Assignment >>
Every line that contains "keeps" must be located and copied from the data.

** Opening Data for this exercise block **

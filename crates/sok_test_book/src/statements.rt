//! Each statement once, with ample memory.

use sok_sql::making::create;
use sok_sql::reading::{all_rows, count, find, row_at};
use sok_sql::writing::{insert, set_best, set_verdict};
use sqlite::{Connection, Error, MemStore, Row};
use std::process::Abort;
use std::test::Fail;

/// Makes a table of two rows.
fn write(rt: &impl Abort, conn: &mut Connection<MemStore>) -> Result<(), Fail> {
    assert!(rt; find(conn, "one").is_err());
    create(conn)?;
    assert!(rt; create(conn).is_err());
    assert!(rt; count(conn) == Ok(0));
    insert(conn, 1, "one", None)?;
    insert(conn, 2, "two", Some(b"Second"))?;
    assert!(rt; insert(conn, 3, "two", None).is_err());
    assert!(rt; count(conn) == Ok(2));
    assert!(rt; find(conn, "two") == Ok(Some(2)));
    assert!(rt; find(conn, "three") == Ok(None));
    set_best(conn, 2, "rR", 1, 2)?;
    set_verdict(conn, 2, 1)?;
    Ok(())
}

/// Reads them again.
fn read(rt: &impl Abort, conn: &mut Connection<MemStore>) -> Result<(), Fail> {
    assert!(rt; row_at(conn, 3)?.is_none());
    let rows = all_rows(conn)?;
    assert!(rt; rows.len() == 2);
    assert!(rt; numbers(&rows[0])? == (1, None, None, 0));
    assert!(rt; numbers(&rows[1])? == (2, Some(1), Some(2), 1));
    Ok(())
}

/// Makes the table and reads it.
fn write_and_read(rt: &impl Abort, conn: &mut Connection<MemStore>) -> Result<(), Fail> {
    write(rt, conn)?;
    read(rt, conn)
}

#[test]
fn rows_are_written_and_read(rt: HostRuntime) -> Result<(), Fail> {
    let mut conn = Connection::open_in_memory(rt.alloc())?;
    write_and_read(&rt, &mut conn)
}

/// Returns the id, the pushes, the moves and the verdict in a row.
fn numbers(row: &Row) -> Result<(u32, Option<u32>, Option<u32>, u32), Error> {
    Ok((row.get(0)?, row.get(4)?, row.get(5)?, row.get(6)?))
}
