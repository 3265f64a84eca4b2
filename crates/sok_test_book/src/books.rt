//! Levels with titles, and a book that is full.

use crate::answering::{Command, answer, book_in, empty_book};
use crate::tables::fault_of;
use sok_book::fault::BookFault;
use sok_book::limits::LEVEL_LIMIT;
use sok_book::record::{Offer, Record};
use sok_engine::fault::ToolFault;
use sok_rules::cell::Dir;
use sok_sketch::sketch::{ONE_PUSH, SOLVED, level};
use sok_sql::making::create;
use sok_sql::writing::insert;
use sok_store::book::Book;
use sqlite::{Connection, MemStore};
use std::alloc::{AllocError, Global};
use std::process::Abort;
use std::test::Fail;

/// Adds a board with a title. Returns its id or the fault.
fn added(
    alloc: Global,
    book: &mut Book<MemStore>,
    board: &str,
    title: Option<&[u8]>,
) -> Result<Result<i64, BookFault>, Fail> {
    let level = level(alloc, board)?;
    Ok(book.add(&level, title))
}

/// Returns the record with an id.
fn kept(book: &mut Book<MemStore>, id: i64) -> Result<Record, BookFault> {
    book.get(id)
}

fn title_of(book: &mut Book<MemStore>, id: i64) -> Result<Option<Vec<u8>>, BookFault> {
    Ok(kept(book, id)?.title)
}

/// Returns whether a level has this title.
fn is_titled(book: &mut Book<MemStore>, id: i64, title: Option<&[u8]>) -> Result<bool, BookFault> {
    let kept = title_of(book, id)?;
    Ok(kept.as_deref() == title)
}

/// Adds a board with a title. Returns whether it then has the id, and the id has the title `kept`.
fn keeps(
    alloc: Global,
    book: &mut Book<MemStore>,
    board: &str,
    title: &str,
    id: i64,
    kept: Option<&[u8]>,
) -> Result<bool, Fail> {
    let found = added(alloc, book, board, Some(title.as_bytes()))?;
    Ok(found == Ok(id) && is_titled(book, id, kept)?)
}

/// A title with blanks around it, and a second line after it.
const WHOLE: &str = " \t A \t level \r\t\r\nmore";

/// Adds boards with titles, one after the other, and offers a solution of the first twice.
fn add_titled(rt: &impl Abort, alloc: Global, book: &mut Book<MemStore>) -> Result<(), Fail> {
    let cases: &[(&str, &str, i64, Option<&[u8]>)] = &[
        (ONE_PUSH, WHOLE, 1, Some(b"A \t level")),
        (ONE_PUSH, "Another", 1, Some(b"A \t level")),
        (SOLVED, "\r \nmore", 2, None),
    ];
    for &(board, title, id, kept) in cases {
        assert!(rt; keeps(alloc, book, board, title, id, kept)?, "{title:?}");
    }
    for &answer in &[Offer::Stored, Offer::Kept] {
        assert!(rt; offered(book) == Ok(answer));
    }
    Ok(())
}

/// Offers the solution of the first level.
fn offered(book: &mut Book<MemStore>) -> Result<Offer, BookFault> {
    book.offer(1, &[Dir::Right])
}

#[test]
fn the_first_title_is_kept_without_its_ends(rt: HostRuntime) -> Result<(), Fail> {
    let alloc = rt.alloc();
    let mut book = empty_book(alloc)?;
    add_titled(&rt, alloc, &mut book)
}

/// Returns a level with the digits of a number at its side.
fn numbered(alloc: Global, number: u32) -> Result<String, AllocError> {
    let mut digits = String::new(alloc);
    let mut rest = number;
    for _ in 0..14 {
        digits.push(if rest % 2 == 1 { '*' } else { '#' })?;
        rest /= 2;
    }
    let wall = "#".repeat(alloc, 20)?;
    format!(in alloc; "{wall}\n#@$.#{digits}#\n{wall}\n")
}

/// Makes a table with as many levels as a book may have.
fn fill(alloc: Global, connection: &mut Connection<MemStore>) -> Result<(), Fail> {
    create(connection)?;
    for id in 1..=LEVEL_LIMIT {
        let text = numbered(alloc, id)?;
        insert(connection, id, text.as_str(), None)?;
    }
    Ok(())
}

/// Returns the table of a full book.
fn filled(alloc: Global) -> Result<Connection<MemStore>, Fail> {
    let mut connection = Connection::open_in_memory(alloc)?;
    fill(alloc, &mut connection)?;
    Ok(connection)
}

/// Adds a new level to a full book, and one that is in it.
fn add_both(
    rt: &impl Abort,
    alloc: Global,
    book: &mut Book<MemStore>,
    there: &str,
) -> Result<(), Fail> {
    for &(board, found) in &[(ONE_PUSH, Err(BookFault::BookFull)), (there, Ok(7))] {
        assert_eq!(rt; added(alloc, book, board, None)?, found);
    }
    Ok(())
}

/// Adds a new level to a full book, and the one with the number 7.
fn add_to_full(rt: &impl Abort, alloc: Global, book: &mut Book<MemStore>) -> Result<(), Fail> {
    let there = numbered(alloc, 7)?;
    add_both(rt, alloc, book, there.as_str())
}

/// Adds a collection to a full book. Its first level is in the book, its second has no player, and
/// for its third there is no room. The lines of the first two are written.
fn add_collection(
    rt: &impl Abort,
    alloc: Global,
    book: &mut Book<MemStore>,
    collection: &str,
) -> Result<(), Fail> {
    let mut out = Vec::new(alloc);
    let told = answer(alloc, book, Command::Add(collection), &mut out);
    assert_eq!(rt; told, Err(ToolFault::Book(BookFault::BookFull)));
    let lines = b"1 id 7\n2 fault 3 NoPlayer\n".as_slice();
    assert_eq!(rt; out.as_slice(), lines);
    Ok(())
}

/// Does the same with an output that is full after ten bytes.
fn add_untold(
    rt: &impl Abort,
    alloc: Global,
    book: &mut Book<MemStore>,
    collection: &str,
) -> Result<(), Fail> {
    let mut room = [0u8; 10];
    let told = answer(
        alloc,
        book,
        Command::Add(collection),
        &mut room.as_mut_slice(),
    );
    assert_eq!(rt; told, Err(ToolFault::WriteFailed));
    assert_eq!(rt; room.as_slice(), b"1 id 7\n2 f".as_slice());
    Ok(())
}

/// Adds a collection with no room for its third level.
fn add_three(rt: &impl Abort, alloc: Global, book: &mut Book<MemStore>) -> Result<(), Fail> {
    let there = numbered(alloc, 7)?;
    let more = numbered(alloc, 8)?;
    let collection = format!(in alloc; "{there}\n#####\n#$ .#\n#####\n\n{ONE_PUSH}\n{more}")?;
    add_collection(rt, alloc, book, collection.as_str())?;
    add_untold(rt, alloc, book, collection.as_str())
}

fn full_book(alloc: Global) -> Result<Book<MemStore>, Fail> {
    book_in(alloc, filled(alloc)?)
}

/// Adds levels, and then a collection.
fn add_more(rt: &impl Abort, alloc: Global, book: &mut Book<MemStore>) -> Result<(), Fail> {
    add_to_full(rt, alloc, book)?;
    add_three(rt, alloc, book)
}

/// Returns why a full book is not opened again after a row is added to its table.
fn fault_with_one_more(alloc: Global, book: Book<MemStore>) -> Result<Option<BookFault>, Fail> {
    let mut connection = book.into_connection();
    let id = LEVEL_LIMIT + 1;
    insert(&mut connection, id, numbered(alloc, id)?.as_str(), None)?;
    fault_of(alloc, connection)
}

#[test]
fn a_full_book_takes_no_other_level(rt: HostRuntime) -> Result<(), Fail> {
    let alloc = rt.alloc();
    let mut book = full_book(alloc)?;
    add_more(&rt, alloc, &mut book)?;
    let fault = fault_with_one_more(alloc, book)?;
    assert_eq!(rt; fault, Some(BookFault::BadBook(10_001)));
    Ok(())
}
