//! Commands on a book, with what they write.

use sok_book::fault::BookFault;
use sok_book::text::BookText;
use sok_engine::fault::ToolFault;
use sok_keep::add::add_bytes;
use sok_keep::offer::offer_bytes;
use sok_keep::prove::prove_bytes;
use sok_keep::show::{book_bytes, show_bytes};
use sok_settle::certs::NoCerts;
use sok_settle::offers::offers_bytes;
use sok_settle::settle::{Span, settle_bytes};
use sok_store::book::Book;
use sqlite::{Alter, Connection, MemStore};
use std::alloc::Global;
use std::io::Write;
use std::test::Fail;

/// A command, with its input.
#[derive(Clone, Copy, Debug, PartialEq, Eq)]
pub(crate) enum Command<'a> {
    Add(&'a str),
    Offer(i64, &'a str),
    Offers(&'a str),
    Prove(i64, &'a str),
    Settle(u32, i64),
    Show(i64),
    Overview,
    Export,
    Solutions,
}

/// A command, what it writes, and its status or fault.
pub(crate) type Row = (Command<'static>, &'static str, Result<u8, ToolFault>);

/// Opens a database as a book.
pub(crate) fn book_in<S: Alter + Drop>(
    alloc: Global,
    connection: Connection<S>,
) -> Result<Book<S>, Fail> {
    if !connection.is_autocommit() {
        return Err(ToolFault::Book(BookFault::Database).into());
    }
    match Book::open(alloc, connection) {
        Ok(book) => Ok(book),
        Err(refused) => Err(refused.fault.into()),
    }
}

/// Returns an empty book in memory.
pub(crate) fn empty_book(alloc: Global) -> Result<Book<MemStore>, Fail> {
    book_in(alloc, Connection::open_in_memory(alloc)?)
}

/// Runs a command on a book. It has none of the contracts of the engines, which no test needs: each
/// test that called an engine by itself would be checked against all that it says.
pub(crate) fn answer<S: Alter, W: Write>(
    alloc: Global,
    book: &mut Book<S>,
    command: Command<'_>,
    out: &mut W,
) -> Result<u8, ToolFault> {
    match command {
        Command::Add(collection) => add_bytes(alloc, book, &mut collection.as_bytes(), out),
        Command::Offer(id, text) => offer_bytes(alloc, book, id, text.as_bytes(), out),
        Command::Offers(lines) => offers_bytes(alloc, book, &mut lines.as_bytes(), out),
        Command::Prove(id, cert) => prove_bytes(alloc, book, id, &mut cert.as_bytes(), out),
        Command::Settle(limit, first) => {
            let last = i64::MAX;
            let span = Span { first, last };
            settle_bytes(alloc, book, limit, span, &NoCerts, out)
        }
        Command::Show(id) => show_bytes(alloc, book, id, out),
        Command::Overview => tell(alloc, book, BookText::Overview, out),
        Command::Export => tell(alloc, book, BookText::Export { solutions: false }, out),
        Command::Solutions => tell(alloc, book, BookText::Export { solutions: true }, out),
    }
}

/// Writes a text of a book.
fn tell<S: Alter, W: Write>(
    alloc: Global,
    book: &mut Book<S>,
    text: BookText,
    out: &mut W,
) -> Result<u8, ToolFault> {
    book_bytes(alloc, book, text, out)
}

fn is_told<S: Alter>(alloc: Global, book: &mut Book<S>, row: Row) -> bool {
    let (command, text, result) = row;
    let mut out = Vec::new(alloc);
    answer(alloc, book, command, &mut out) == result && out.as_slice() == text.as_bytes()
}

/// Returns the first command whose status or output differs from its row.
fn first_other_of<S: Alter>(
    alloc: Global,
    book: &mut Book<S>,
    rows: &[Row],
) -> Option<Command<'static>> {
    for row in rows {
        if !is_told(alloc, book, *row) {
            return Some(row.0);
        }
    }
    None
}

/// Runs the rows on an empty book in memory. Returns the first command that differs from its row.
pub(crate) fn first_other(alloc: Global, rows: &[Row]) -> Result<Option<Command<'static>>, Fail> {
    let mut book = empty_book(alloc)?;
    Ok(first_other_of(alloc, &mut book, rows))
}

** Closing Data for this exercise block **

Written response >>
fn keeps(
        assert!(rt; keeps(alloc, book, board, title, id, kept)?, "{title:?}");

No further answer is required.